La rpfessoressa e l'allieva. Cap 1
di
Fuuka
genere
dominazione
Il corso di “Teoria Critica della Letteratura Moderna” era un girone dantesco. A presiederlo, come una divinità terribile e magnifica, c’era la Professoressa Suzuka Watanabe. Non era semplicemente una docente; era un’istituzione, una leggenda vivente nel campus. La sua intelligenza era affilata come una katana, la sua bellezza così austera e perfetta da incutere timore. Alta, con un corpo statuario fasciato in abiti impeccabili e severi, capelli neri come inchiostro raccolti in uno chignon che non aveva mai un capello fuori posto, e occhi scuri che sembravano capaci di leggere non solo le parole di un testo, ma l’anima di chi le stava di fronte.
Io, Aiko, ero solo una delle tante matricole perse in quel mare di volti. Eppure, mi sentivo diversa. Mentre gli altri temevano il suo sguardo, io lo cercavo. Mentre gli altri tremavano quando li interrogava, io anelavo a quel momento, pregando di avere la risposta giusta, di poter brillare per un solo istante sotto la sua attenzione. La sua severità non mi spaventava; mi affascinava. La sua mente brillante era un faro, e io non desideravo altro che navigare verso quella luce.
La selezione avvenne a metà semestre. La Professoressa Watanabe aveva la fama di scegliere ogni anno un solo studente, il “preferito”, da seguire personalmente per un progetto di ricerca avanzato. Era un onore paragonabile a essere scelti da un dio per ascendere all’Olimpo. Nessuno sapeva con che criterio scegliesse. Quel giorno, alla fine di una lezione massacrante in cui aveva demolito pezzo per pezzo le teorie di un mio collega, i suoi occhi si posarono su di me.
«Signorina Aiko», la sua voce era velluto e ghiaccio, un suono che riempì l’aula magna e zittì ogni respiro. «Il suo ultimo saggio sull’alienazione in Mishima era… adeguato. Ma manca di profondità. La sua analisi è superficiale, scolastica. Si fermi nel mio ufficio dopo la lezione».
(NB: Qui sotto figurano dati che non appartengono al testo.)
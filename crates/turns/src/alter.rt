//! What a caller may do between turns: change an entry of a table of its own, or a node in memory of its own.
use crate::words::number;
use desk::Desk;
use nodes::{Node, WriteStore};
use plane::{Edge, Point};
use sheet::Loop;
use std::str::Split;

/// Changes an entry of a table, and answers what is printed of it.
pub(crate) fn alter(
    desk: &mut Desk,
    name: &str,
    entry: &str,
    words: &mut Split<'_, char>,
) -> &'static str {
    match name {
        "points" => put(desk.points.as_mut_slice(), entry, point_of(words)),
        "edges" => put(desk.edges.as_mut_slice(), entry, edge_of(words)),
        "loops" => put(desk.loops.as_mut_slice(), entry, loop_of(words)),
        "live" => put(desk.live.as_mut_slice(), entry, number(words)),
        _ => "no such table",
    }
}

// Puts a value at an entry, where both are given and the table has it.
fn put<T: Copy>(table: &mut [T], entry: &str, value: Option<T>) -> &'static str {
    let (Ok(entry), Some(value)) = (entry.parse::<u16>(), value) else {
        return "no such entry";
    };
    let Some(slot) = table.get_mut(usize::from(entry)) else {
        return "no such entry";
    };
    *slot = value;
    "ok"
}

/// Puts a node behind those that a store has, and answers what is printed of it.
// A caller gives it a store over the same memory that ends before the node to be changed: all else stays as it is, whatever the memory is.
pub(crate) fn put_behind<S: WriteStore>(store: &mut S, node: Node) -> &'static str {
    match store.add(node) {
        Ok(()) => "ok",
        Err(_) => "no such entry",
    }
}

// So many numbers; none where a word is missing or no number of sixteen bits.
fn numbers<const N: usize>(words: &mut Split<'_, char>) -> Option<[u16; N]> {
    let mut found = [0; N];
    for slot in &mut found {
        *slot = number(words)?;
    }
    Some(found)
}

fn point_of(words: &mut Split<'_, char>) -> Option<Point> {
    let [x, y] = numbers::<2>(words)?;
    Some(Point { x, y })
}

fn edge_of(words: &mut Split<'_, char>) -> Option<Edge> {
    let [from, to] = numbers::<2>(words)?;
    Some(Edge { from, to })
}

fn loop_of(words: &mut Split<'_, char>) -> Option<Loop> {
    let [numeral, start, corners] = numbers::<3>(words)?;
    Some(Loop {
        numeral,
        start,
        corners,
    })
}

/// The node that the next fourteen words stand for, in the order in which stores keep its numbers.
pub(crate) fn node_of(words: &mut Split<'_, char>) -> Option<Node> {
    let [a, b, c, ring, sides, count] = numbers::<6>(words)?;
    let children = numbers::<8>(words)?;
    Some(Node {
        a,
        b,
        c,
        ring,
        sides,
        count,
        children,
    })
}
Il cuore mi martellò nel petto. “Adeguato” dalla sua bocca era quasi un complimento, ma l’umiliazione pubblica era parte del suo metodo. Feci come mi era stato ordinato. Attesi fuori dal suo ufficio, tremante, finché la porta non si aprì.
L’ufficio era il suo santuario: ordinato, minimalista, con scaffali di libri che arrivavano al soffitto. Lei era seduta dietro una massiccia scrivania di mogano. Non mi invitò a sedere.
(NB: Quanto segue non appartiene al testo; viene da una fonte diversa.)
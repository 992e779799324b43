//! What the kernels tell of tips.
use crate::placed::Spelled;
use crate::words::number;
use plane::{Kernel, Point};
use std::fmt::Display;
use std::str::Split;

// What a tip is held against: a sheet and a line.
#[derive(Clone, Copy)]
struct Frame {
    width: u16,
    height: u16,
    from: Point,
    to: Point,
}

// The point that the next words spell; none where one is no number of it.
fn read_point(words: &mut Split<'_, char>) -> Option<Point> {
    let x = number(words)?;
    let y = number(words)?;
    Some(Point { x, y })
}

// The sheet and the line that the next words spell.
fn read_frame(words: &mut Split<'_, char>) -> Option<Frame> {
    let width = number(words)?;
    let height = number(words)?;
    let from = read_point(words)?;
    let to = read_point(words)?;
    Some(Frame {
        width,
        height,
        from,
        to,
    })
}

/// Prints whether the tip that the next words spell is fit, its side of a line, and whether it is on a sheet.
pub(crate) fn tell<T: Kernel + Spelled + Drop>(
    rt: &HostRuntime,
    words: &mut Split<'_, char>,
) -> anyhow::Result<()> {
    let (Some(tip), Some(frame)) = (T::read(words), read_frame(words)) else {
        return Ok(rt.println("no such number")?);
    };
    let fit = if tip.fit() { "fit" } else { "unfit" };
    let side = tip.side(frame.from, frame.to).number();
    let on = if tip.on_sheet(frame.width, frame.height) {
        "yes"
    } else {
        "no"
    };
    println!(rt; "ok {fit} side {side} on {on}")?;
    Ok(())
}

/// Prints the tip at the whole point that the next words spell, or that there is none.
pub(crate) fn make<T: Kernel + Display + Drop>(
    rt: &HostRuntime,
    words: &mut Split<'_, char>,
) -> anyhow::Result<()> {
    let Some(at) = read_point(words) else {
        return Ok(rt.println("no such number")?);
    };
    match T::make(at) {
        None => Ok(rt.println("ok none")?),
        Some(tip) => {
            println!(rt; "ok {tip}")?;
            Ok(())
        }
    }
}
«La sua mente ha del potenziale, Aiko», disse, senza alzare lo sguardo da alcune carte. «Ma è indisciplinata. Pigra. Si accontenta della superficie. Io detesto la superficialità. Tuttavia, vedo una scintilla. Una fame di conoscenza che gli altri idioti in quella classe non possiedono».
Alzò finalmente gli occhi su di me. Mi sentii nuda, ogni mia insicurezza esposta.
«Voglio fare di lei il mio progetto speciale quest’anno. Significa che dovrà dedicarsi a me completamente. Le sue serate, i suoi fine settimana, il suo tempo libero… apparterranno a me. Saranno lezioni private, intensive. Qui, o a casa mia. Sradicherò la sua mediocrità e la trasformerò in eccellenza. Ma la avverto: sarà brutale. Non accetto fallimenti, né lamentele. È disposta a pagare questo prezzo per la vera conoscenza?».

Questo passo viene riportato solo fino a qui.